● Work to complete
Below are several records. Retype exactly those lines running from the one with "put_ledger(s, ledger_of(c));" through the one with "if !cap_stands(s, behind::cap_at(s))", end lines included, and no others.

● Provided data
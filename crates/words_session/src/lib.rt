// A session as words of eight bytes, which the caller keeps between two calls: its head by value, and what stands behind the head in place.
#![tactic(auto)]

ghost use Rattle.std.specs.Prelude.{false, ◌≡◌, ◌+◌, ◌*◌, ◌<◌, ◌≤◌, ltb, length, replicate};
ghost use Rattle.fields.specs.Outcome.{pick};
ghost use Rattle.session.specs.Session.{fresh, no_slot};
ghost use Rattle.session.specs.Core.{none_behind};
ghost use Rattle.reply.specs.Capability.{no_caps};
ghost use Rattle.reply.specs.Replies.{no_port};
ghost use Rattle.words.specs.Places.{TASK, STAGE, LEDGER, TOLD, SLOT, SLOTS, task_at, stage_at, ledger_at, told_at, cap_at, port1_at, port2_at};
ghost use Rattle.words.specs.Places.{reset_at, find_at, slots_at, state_bytes};
ghost use Rattle.words.specs.Words.{words_in, put_words, same_words, flat};
ghost use Rattle.words_task.specs.Coding.{task_of, task_words};
ghost use Rattle.words_stage.specs.Coding.{stage_of, stage_words};
ghost use Rattle.words_books.specs.Coding.{ledger_of, ledger_words, slot_words};
ghost use Rattle.words_info.specs.Coding.{told_of, told_words, cap_words, port_words};
ghost use Rattle.words_beside.specs.Coding.{reset_words, find_words};
ghost use Rattle.behind.specs.Behind.{behind_from};
ghost use Rattle.words_session.specs.Image.{core_of, ledger_for, told_for, head_words, tail_words, behind_words};
ghost use Rattle.words_session.specs.Image.{put_head, put_task, encoded_in, core_in, head_in, session_in, counts_fit};
ghost use Rattle.words_session.specs.Image.{head_stands, tail_stands, behind_stands, decode_of, kept_as};

use reply::{DevCap, PortInfo};
use reset::Reset;
use session::{Core, Slot, Stage};
use uar::FindBar;
use words::STATE_BYTES;
use words_books::Ledger;
use words_info::Told;
use work::Task;

// Whether bytes are a session: there are too few of them, or they are none.
#[derive(Clone, Copy)]
pub enum Kept {
    Good,
    Short,
    NoSession,
}

// The task.
fn task_at(s: &[u8]) -> Task
    requires { state_bytes ≤ length s.now }
    ensures { result ≡ task_of (words_in s.now task_at TASK) }
{
    let mut w = [0u64; words::TASK];
    words::load(s, words::TASK_AT, &mut w);
    words_task::task_from(w)
}

fn task_stands(s: &[u8], v: Task) -> bool
    requires { state_bytes ≤ length s.now }
    ensures { result ≡ same_words s.now task_at (task_words v) }
{
    let w = words_task::task_words(v);
    words::same(s, words::TASK_AT, &w)
}

fn put_task_in(s: &mut [u8], v: Task)
    requires { state_bytes ≤ length s.old }
    ensures { s.new ≡ put_words s.old task_at (task_words v) }
{
    let w = words_task::task_words(v);
    words::store(s, words::TASK_AT, &w);
}

// The stage.
fn stage_at(s: &[u8]) -> Stage
    requires { state_bytes ≤ length s.now }
    ensures { result ≡ stage_of (words_in s.now stage_at STAGE) }
{
    let mut w = [0u64; words::STAGE];
    words::load(s, words::STAGE_AT, &mut w);
    words_stage::stage_from(w)
}

fn stage_stands(s: &[u8], v: Stage) -> bool
    requires { state_bytes ≤ length s.now }
    ensures { result ≡ same_words s.now stage_at (stage_words v) }
{
    let w = words_stage::stage_words(v);
    words::same(s, words::STAGE_AT, &w)
}

fn put_stage(s: &mut [u8], v: Stage)
    requires { state_bytes ≤ length s.old }
    ensures { s.new ≡ put_words s.old stage_at (stage_words v) }
{
    let w = words_stage::stage_words(v);
    words::store(s, words::STAGE_AT, &w);
}

// The ledger.
fn ledger_at(s: &[u8]) -> Ledger
    requires { state_bytes ≤ length s.now }
    ensures { result ≡ ledger_of (words_in s.now ledger_at LEDGER) }
{
    let mut w = [0u64; words::LEDGER];
    words::load(s, words::LEDGER_AT, &mut w);
    words_books::ledger_from(w)
}

fn ledger_stands(s: &[u8], v: Ledger) -> bool
    requires { state_bytes ≤ length s.now }
    ensures { result ≡ same_words s.now ledger_at (ledger_words v) }
{
    let w = words_books::ledger_words(v);
    words::same(s, words::LEDGER_AT, &w)
}

fn put_ledger(s: &mut [u8], v: Ledger)
    requires { state_bytes ≤ length s.old }
    ensures { s.new ≡ put_words s.old ledger_at (ledger_words v) }
{
    let w = words_books::ledger_words(v);
    words::store(s, words::LEDGER_AT, &w);
}

// What was told.
fn told_at(s: &[u8]) -> Told
    requires { state_bytes ≤ length s.now }
    ensures { result ≡ told_of (words_in s.now told_at TOLD) }
{
    let mut w = [0u64; words::TOLD];
    words::load(s, words::TOLD_AT, &mut w);
    words_info::told_from(w)
}

fn told_stands(s: &[u8], v: Told) -> bool
    requires { state_bytes ≤ length s.now }
    ensures { result ≡ same_words s.now told_at (told_words v) }
{
    let w = words_info::told_words(v);
    words::same(s, words::TOLD_AT, &w)
}

fn put_told(s: &mut [u8], v: Told)
    requires { state_bytes ≤ length s.old }
    ensures { s.new ≡ put_words s.old told_at (told_words v) }
{
    let w = words_info::told_words(v);
    words::store(s, words::TOLD_AT, &w);
}

// Parts behind the head.
fn cap_stands(s: &[u8], v: DevCap) -> bool
    requires { state_bytes ≤ length s.now }
    ensures { result ≡ same_words s.now cap_at (cap_words v) }
{
    let w = words_info::cap_words(v);
    words::same(s, words::CAP_AT, &w)
}

fn port_stands(s: &[u8], k: usize, v: PortInfo) -> bool
    requires { (state_bytes ≤ length s.now) × (k ≤ port2_at) }
    ensures { result ≡ same_words s.now k (port_words v) }
{
    let w = words_info::port_words(v);
    words::same(s, k, &w)
}

fn reset_stands(s: &[u8], v: Reset) -> bool
    requires { state_bytes ≤ length s.now }
    ensures { result ≡ same_words s.now reset_at (reset_words v) }
{
    let w = words_beside::reset_words(v);
    words::same(s, words::RESET_AT, &w)
}

fn find_stands(s: &[u8], v: FindBar) -> bool
    requires { state_bytes ≤ length s.now }
    ensures { result ≡ same_words s.now find_at (find_words v) }
{
    let w = words_beside::find_words(v);
    words::same(s, words::FIND_AT, &w)
}

// What of the head is neither the task nor the stage, nor was told.
fn ledger_of(c: Core) -> Ledger
    ensures { result ≡ ledger_for c }
{
    let wire = c.wire;
    let failure = c.failure;
    let closing = c.closing;
    Ledger {
        ranges: c.ranges,
        lends: c.lends,
        started: c.started,
        original: c.original,
        wire,
        failure,
        closing,
    }
}

fn told_of(c: Core) -> Told
    ensures { result ≡ told_for c }
{
    let uar = c.uar;
    let func = c.func;
    Told {
        uar,
        func,
        rev3: c.rev3,
    }
}

fn head_in(s: &[u8]) -> Core
    requires { state_bytes ≤ length s.now }
    ensures { result ≡ core_in s.now }
{
    let task = task_at(s);
    let stage = stage_at(s);
    let l = ledger_at(s);
    let t = told_at(s);
    let wire = l.wire;
    let failure = l.failure;
    let closing = l.closing;
    let uar = t.uar;
    let func = t.func;
    Core {
        stage,
        task,
        wire,
        ranges: l.ranges,
        lends: l.lends,
        started: l.started,
        original: l.original,
        uar,
        func,
        rev3: t.rev3,
        failure,
        closing,
    }
}

// The head that the words stand for; a fresh one where the bytes are too few.
pub fn head_at(s: &[u8]) -> Core
    ensures { result ≡ head_in s.now }
{
    if s.len() < STATE_BYTES {
        return Core::fresh();
    }
    head_in(s)
}

fn counted(c: Core) -> bool
    ensures { result ≡ counts_fit c }
{
    if c.ranges > 14 {
        return false;
    }
    c.lends <= 64
}

fn head_same(s: &[u8], c: Core) -> bool
    requires { state_bytes ≤ length s.now }
    ensures { result ≡ head_stands s.now c }
{
    let task = c.task;
    let stage = c.stage;
    if !counted(c) {
        return false;
    }
    if !task_stands(s, task) {
        return false;
    }
    if !stage_stands(s, stage) {
        return false;
    }
    if !ledger_stands(s, ledger_of(c)) {
        return false;
    }
    told_stands(s, told_of(c))
}

// The words of the head are those of this one, and its counts are within the slots.
pub fn head_stands(s: &[u8], c: Core) -> bool
    ensures { result ≡ pick (ltb (length s.now) state_bytes) false (head_stands s.now c) }
{
    if s.len() < STATE_BYTES {
        return false;
    }
    head_same(s, c)
}

fn put_head_in(s: &mut [u8], c: Core)
    requires { state_bytes ≤ length s.old }
    ensures { s.new ≡ put_words s.old task_at (head_words c) }
{
    let task = c.task;
    let stage = c.stage;
    put_task_in(s, task);
    put_stage(s, stage);
    put_ledger(s, ledger_of(c));
    put_told(s, told_of(c));
}

// Writes the head; nothing, where the bytes are too few.
pub fn put_head(s: &mut [u8], c: Core)
    ensures { s.new ≡ put_head c s.old }
{
    if s.len() < STATE_BYTES {
        return;
    }
    put_head_in(s, c);
}

// Writes the task alone.
pub fn put_task(s: &mut [u8], task: Task)
    ensures { s.new ≡ put_task task s.old }
{
    if s.len() < STATE_BYTES {
        return;
    }
    put_task_in(s, task);
}

// What stands behind the head stands word for word.
fn tail_stands(s: &[u8]) -> bool
    requires { state_bytes ≤ length s.now }
    ensures { result ≡ tail_stands s.now (behind_from s.now) }
{
    if !reset_stands(s, behind::reset_at(s)) {
        return false;
    }
    if !find_stands(s, behind::find_at(s)) {
        return false;
    }
    behind::slots_stand(s)
}

fn behind_stands(s: &[u8]) -> bool
    requires { state_bytes ≤ length s.now }
    ensures { result ≡ behind_stands s.now (behind_from s.now) }
{
    if !cap_stands(s, behind::cap_at(s)) {
        return false;
    }
    if !port_stands(s, words::PORT1_AT, behind::port_at(s, 1)) {
        return false;
    }
    if !port_stands(s, words::PORT2_AT, behind::port_at(s, 2)) {
        return false;
    }
    tail_stands(s)
}

// Whether the bytes hold a session.
pub fn keeps(s: &[u8]) -> Kept
    ensures { kept_as (session_in s.now) result ≡ decode_of s.now }
{
    if s.len() < STATE_BYTES {
        return Kept::Short;
    }
    if !head_same(s, head_in(s)) {
        return Kept::NoSession;
    }
    if !behind_stands(s) {
        return Kept::NoSession;
    }
    Kept::Good
}

// Slots without a run.
fn clear_slot(s: &mut [u8], i: usize)
    requires { (state_bytes ≤ length s.old) × (i < SLOTS) }
    ensures { s.new ≡ put_words s.old (slots_at + i * SLOT) (slot_words no_slot) }
{
    let none = Slot {
        runs: 0,
        virt: 0,
        handle: 0,
        dev: 0,
        pages: 0,
        mapped: false,
    };
    behind::put_slot(s, i, none);
}

fn put_none(s: &mut [u8])
    requires { state_bytes ≤ length s.old }
    ensures { s.new ≡ put_words s.old slots_at (flat slot_words (replicate 82 no_slot)) }
{
    for i in 0..words::SLOTS {
        clear_slot(s, i);
    }
}

fn put_tail(s: &mut [u8])
    requires { state_bytes ≤ length s.old }
    ensures { s.new ≡ put_words s.old reset_at (tail_words none_behind) }
{
    behind::put_reset(s, Reset::start());
    behind::put_find(s, FindBar::start());
    put_none(s);
}

fn clear_cap(s: &mut [u8])
    requires { state_bytes ≤ length s.old }
    ensures { s.new ≡ put_words s.old cap_at (cap_words no_caps) }
{
    behind::put_cap(s, DevCap::none());
}

fn clear_port1(s: &mut [u8])
    requires { state_bytes ≤ length s.old }
    ensures { s.new ≡ put_words s.old port1_at (port_words no_port) }
{
    behind::put_port(s, 1, PortInfo::none());
}

fn clear_port2(s: &mut [u8])
    requires { state_bytes ≤ length s.old }
    ensures { s.new ≡ put_words s.old port2_at (port_words no_port) }
{
    behind::put_port(s, 2, PortInfo::none());
}

fn put_behind(s: &mut [u8])
    requires { state_bytes ≤ length s.old }
    ensures { s.new ≡ put_words s.old cap_at (behind_words none_behind) }
{
    clear_cap(s);
    clear_port1(s);
    clear_port2(s);
    put_tail(s);
}

// Writes a session that was not opened yet; nothing, where the bytes are too few.
pub fn put_fresh(s: &mut [u8])
    ensures { s.new ≡ encoded_in s.old fresh }
{
    if s.len() < STATE_BYTES {
        return;
    }
    put_head_in(s, Core::fresh());
    put_behind(s);
}
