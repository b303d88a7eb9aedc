//! Edits that a position accepts, with what was looked up for them.
use xw_grid::cell::{Cell, Side, Symmetry};
use xw_letters::letter::Letter;

/// An accepted edit, by what has to be reserved for it.
#[derive(Clone, Copy)]
pub enum Pending<'a> {
    /// Nothing.
    InPlace(InPlace<'a>),
    /// Another grid, with its lights.
    Shape(ShapeEdit),
    /// Room for a word that is not known. The word has this grade.
    New(&'a [u8], Option<u8>),
}

/// An accepted edit that needs no memory.
#[derive(Clone, Copy)]
pub enum InPlace<'a> {
    /// Writes a letter into a cell, or empties it. The cell is open.
    Enter(Cell, Option<Letter>),
    /// Writes a word of letters into the light with this index, which has its length.
    Place(usize, &'a [u8]),
    /// Writes a list of cells, all open.
    List(&'a [(Cell, Option<Letter>)]),
    /// Sets the symmetry.
    Symmetry(Symmetry),
    /// Makes a known word active again. The word has this grade and this index.
    Return(&'a [u8], Option<u8>, usize),
    /// Strikes the word, which has this index.
    Strike(&'a [u8], usize),
    /// Leaves out the words below a grade.
    Least(u8),
}

/// An edit of blocks or bars.
#[derive(Clone, Copy)]
pub enum ShapeEdit {
    /// Toggles the block at a cell and its orbit.
    Block(Cell),
    /// Toggles the bar at an edge and its orbit.
    Bar(Cell, Side),
}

● Answer section
    put_ledger(s, ledger_of(c));
    put_told(s, told_of(c));
}

// Writes the head; nothing, where the bytes are too few.
pub fn put_head(s: &mut [u8], c: Core)
    ensures { s.new ≡ put_head c s.old }
{
    if s.len() < STATE_BYTES {
        return;
    }
    put_head_in(s, c);
}

// Writes the task alone.
pub fn put_task(s: &mut [u8], task: Task)
    ensures { s.new ≡ put_task task s.old }
{
    if s.len() < STATE_BYTES {
        return;
    }
    put_task_in(s, task);
}

// What stands behind the head stands word for word.
fn tail_stands(s: &[u8]) -> bool
    requires { state_bytes ≤ length s.now }
    ensures { result ≡ tail_stands s.now (behind_from s.now) }
{
    if !reset_stands(s, behind::reset_at(s)) {
        return false;
    }
    if !find_stands(s, behind::find_at(s)) {
        return false;
    }
    behind::slots_stand(s)
}

fn behind_stands(s: &[u8]) -> bool
    requires { state_bytes ≤ length s.now }
    ensures { result ≡ behind_stands s.now (behind_from s.now) }
{
    if !cap_stands(s, behind::cap_at(s)) {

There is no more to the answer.